One_Step_Alert Node Settings:
- Check Time: Default is 5 seconds (timeframe to determine status based on VLM outputs).
- Alert: Set to true to enable alert functionality.
- Alert Keyword: Set to "yes" (this is the VLM's expected affirmative response if smoke/fire is detected).
- Normal Keyword: Set to "no".
- Warning Message Text (for smoke): "Warning: The smoke is rising." (Ensure the period "." is at the end).
- Warning Message Text (for fire): "Warning: The fire is rising." (Ensure the period "." is at the end).
- Drop inputs: Set to True.

3.4.4Step-by-Step Running Instructions

Launch the Edge Agent UI in your browser.
Load the appropriate preset (SMOKE_ALERT_WEBRTC_ADVAN or FIRE_ALERT_WEBRTC_ADVAN):
- Click the "Agent" menu in the top-right corner.
- Select "Load."
- Choose the desired preset .json file from the list.
The pipeline will appear in the Node Editor.
Ensure the VideoSource node's "Input" parameter is correctly set to the path of the smoke or fire video (e.g., /data/videos/Smoke_advan.mp4).
The project should start running automatically.
Observe the VideoOutput panel:
- You will see the video playing.
- The VideoOverlay will display the VLM's response (e.g., "Yes") or the warning message from One_Step_Alert if smoke/fire is detected.
Listen for audio alerts: If smoke or fire is confirmed by the VLM and One_Step_Alert, the PiperTTS module will announce the warning message.
Check the TextStream node's display (if you open its grid widget) to see the direct textual output from the VLM.
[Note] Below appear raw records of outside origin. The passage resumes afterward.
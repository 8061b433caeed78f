//! In a stopped world nothing is left to trace, and all blocks are swept, again and again.
ghost use Rattle.std.specs.Prelude.{◌≡◌, None};
ghost use Rattle.std.specs.Bool.{OnTrue};
ghost use Rattle.mark_core.specs.declared.kinds.Phase.TheVariants.{Idle};
ghost use Rattle.gc_table.specs.Running.{Alone};
ghost use Rattle.gc_table.specs.Seats.{Sits, state_of, view_of};
ghost use Rattle.gc_table.specs.SeatRecords.{resting};
ghost use Rattle.card_clean.specs.Drained.{IsBeforeSweep, IsDrained};
ghost use Rattle.bench_steps.specs.Standing.{Blank, StandsAlone};

use crate::operations::opening::open;
use gc_table::{Heap, HeapSeat};
use std::alloc::Global;
use std::sync::Wait;
use stop_world::resume;
use sweeper::sweep_rest;
use test_heaps::{
    are_bare, begins_sweep, drained, drains, end_sweep, leaves, raises_own, resets, stops_idle,
    try_close, work_in_hand,
};

fn stands_alone(heap: &Heap, seat: &HeapSeat) -> bool
    requires { Sits heap.now seat.now }
    ensures { OnTrue result (StandsAlone (view_of seat.now)) }
{
    let s = seat.state();
    s.knows
        && s.alone
        && (!s.reserved && !s.credit)
        && are_bare(s.held)
        && !work_in_hand(heap.shape().fields, seat)
        && s.block.is_none()
}

fn stops<R: Wait>(rt: &R, heap: &Heap, seat: &mut HeapSeat) -> bool
    requires { Blank heap.now resting seat.old }
    ensures { OnTrue result (Sits heap.now seat.new × Alone Idle (view_of seat.new)) }
{
    raises_own(heap, seat, 0) && stops_idle(rt, heap, seat, 0)
}

fn prepare(heap: &Heap, seat: &mut HeapSeat)
    requires seat { Sits heap.now seat.old }
    requires alone { Alone Idle (view_of seat.old) }
    ensures seat { Sits heap.now seat.new }
    ensures ready { IsBeforeSweep (view_of seat.new) }
{
    drains(heap, seat);
    resets(heap, seat);
}

#[inline(never)]
fn settle(heap: &Heap, seat: &mut HeapSeat) -> bool
    requires seat { Sits heap.now seat.old }
    requires ready { IsBeforeSweep (view_of seat.old) }
    ensures seat { Sits heap.now seat.new }
    ensures ready { OnTrue result (IsBeforeSweep (view_of seat.new)) }
    ensures drained { OnTrue result (IsDrained (view_of seat.new)) }
{
    if !drained(heap, seat) {
        return false;
    }
    true
}

/// Sweeps all blocks, and ends the cycle.
#[inline(never)]
fn sweep_all(heap: &Heap, seat: &mut HeapSeat)
    requires seat { Sits heap.now seat.old }
    requires drained { IsDrained (view_of seat.old) }
    requires block { (state_of seat.old).block ≡ None }
    ensures seat { Sits heap.now seat.new }
    ensures alone { Alone Idle (view_of seat.new) }
{
    begins_sweep(heap, seat);
    sweep_rest(heap, seat);
    end_sweep(heap, seat);
}

/// Ends the drain, if nothing is left to trace, and sweeps.
fn end(heap: &Heap, seat: &mut HeapSeat) -> bool
    requires seat { Sits heap.now seat.old }
    requires ready { IsBeforeSweep (view_of seat.old) }
    ensures seat { Sits heap.now seat.new }
    ensures alone { OnTrue result (Alone Idle (view_of seat.new)) }
{
    if !settle(heap, seat) || !stands_alone(heap, seat) {
        return false;
    }
    sweep_all(heap, seat);
    true
}

fn sweeps(heap: &Heap, seat: &mut HeapSeat, rounds: u64) -> bool
    requires seat { Sits heap.now seat.old }
    requires alone { Alone Idle (view_of seat.old) }
    ensures seat { Sits heap.now seat.new }
    ensures alone { OnTrue result (Alone Idle (view_of seat.new)) }
{
    for _round in 0..rounds {
        prepare(heap, seat);
        if !end(heap, seat) {
            return false;
        }
    }
    true
}

/// One cycle, which looks so often whether anything is left to trace.
fn settles(heap: &Heap, seat: &mut HeapSeat, rounds: u64) -> bool
    requires seat { Sits heap.now seat.old }
    requires alone { Alone Idle (view_of seat.old) }
    ensures seat { Sits heap.now seat.new }
    ensures alone { OnTrue result (Alone Idle (view_of seat.new)) }
{
    prepare(heap, seat);
    for _round in 0..rounds {
        if !settle(heap, seat) {
            return false;
        }
    }
    end(heap, seat)
}

fn finish(heap: &Heap, seat: &mut HeapSeat) -> bool
    requires seat { Sits heap.now seat.old }
    requires alone { Alone Idle (view_of seat.old) }
    ensures { Sits heap.now seat.new }
{
    if !stands_alone(heap, seat) {
        return false;
    }
    resume(heap, seat);
    leaves(heap, seat)
}

/// So many cycles, or one that looks so often whether it is at its end.
fn cycles<R: Wait>(rt: &R, heap: &Heap, seat: &mut HeapSeat, rounds: u64, swept: bool) -> bool
    requires { Blank heap.now resting seat.old }
    ensures { OnTrue result (Sits heap.now seat.new) }
{
    if !stops(rt, heap, seat) {
        return false;
    }
    let ended = if swept {
        sweeps(heap, seat, rounds)
    } else {
        settles(heap, seat, rounds)
    };
    if ended { finish(heap, seat) } else { false }
}

/// Cycles in a new heap. False if there is no memory or a step could not be taken.
pub fn run<R: Wait>(rt: &R, alloc: Global, rounds: u64, swept: bool) -> bool {
    let Some((heap, mut seat)) = open(alloc) else {
        return false;
    };
    cycles(rt, &heap, &mut seat, rounds, swept) && try_close(alloc, heap, seat)
}
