ghost use Rattle.std.specs.Prelude.{IfSome};
ghost use Rattle.std.specs.Bool.{OnTrue};
ghost use Rattle.gc_table.specs.SeatRecords.{inside, resting};
ghost use Rattle.bench_steps.specs.Standing.{Blank, Waiting};

use gc_table::{Heap, HeapSeat};
use mark_core::{BLOCK_CELLS, Shape};
use std::alloc::Global;
use test_heaps::{enters, open_one, sees_marking, try_marking};

/// How many blocks a heap has.
pub const BLOCKS: u32 = 64;

/// How many cells a heap has.
pub const CELLS: u32 = BLOCKS * BLOCK_CELLS;

/// Objects of four fields.
pub const SIZES: Shape = Shape {
    cells: CELLS,
    packets: 64,
    entries: 64,
    sections: 1,
    fields: 4,
    objects: 2_000_000,
    sharing: false,
    slots: 0,
    stretch: 1,
};

/// A new heap, and its seat, the catalogue's.
pub fn open(alloc: Global) -> Option<(Heap, HeapSeat)>
    ensures { IfSome result (λ r. Blank r.0 resting r.1) }
{
    open_one(alloc, SIZES)
}

/// Reads the season: whether the seat may make cells and store in them.
fn sees_turn(heap: &Heap, seat: &mut HeapSeat) -> bool
    requires { Blank heap.now inside seat.old }
    ensures { OnTrue result (Waiting heap.now 0 seat.new) }
{
    heap.read_season(seat) % 2 == 0
}

/// The seat enters, and marking begins.
pub fn begin(heap: &Heap, seat: &mut HeapSeat) -> bool
    requires { Blank heap.now resting seat.old }
    ensures { OnTrue result (Waiting heap.now 0 seat.new) }
{
    if !enters(heap, seat, 0) {
        return false;
    }
    try_marking(heap, seat, 0);
    sees_marking(heap, seat, 0) && sees_turn(heap, seat)
}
3.4.5Expected Behavior & Output

Visual Output: The VideoOutput panel will show the video. If smoke or fire is detected, text such as "Yes" (from the VLM via VideoOverlay) or the full warning message (e.g., "Warning: The smoke is rising.") will be overlaid on the video.
Audio Output: If the One_Step_Alert node triggers an alarm state (based on the VLM outputting "yes" consistently for the Check Time), the PiperTTS module will voice the configured Warning Message Text.
Textual Output: The TextStream node will display the VLM's direct responses (e.g., "Yes" or "No"). The One_Step_Alert node also outputs a JSON message containing the state and check time.

3.4.6Troubleshooting

No Detection / Incorrect VLM Response:
- Verify the AutoPrompt_ICL template exactly matches the required format and question. Typos can significantly affect VLM performance.
- Ensure the correct Llama-3-VILA-1.5-8B model is selected and its parameters (API, Quantization, Chat Template, System Prompt) are configured as specified.
- Check the TextStream output to see the raw VLM response. If it's not "yes" or "no," the One_Step_Alert node might not trigger correctly.
Alerts Not Triggering:
- Confirm the Alert Keyword in One_Step_Alert is set to "yes" (or whatever the VLM's affirmative response is).
- Check the Check Time in One_Step_Alert. If it's too long, or the VLM responses are intermittent, an alert might not trigger.
- Ensure the Warning Message Text in One_Step_Alert is correctly formatted (ending with a period).
No Audio Alerts:
- Check that the PiperTTS module is correctly connected to the output of the One_Step_Alert node.
- Verify system audio is working and unmuted.
Performance Issues:
- VLMs can be resource-intensive. Monitor system resources (CPU/GPU) in the Edge Agent UI.
- Adjust the RateLimit node if necessary, though 15 fps is given as an example.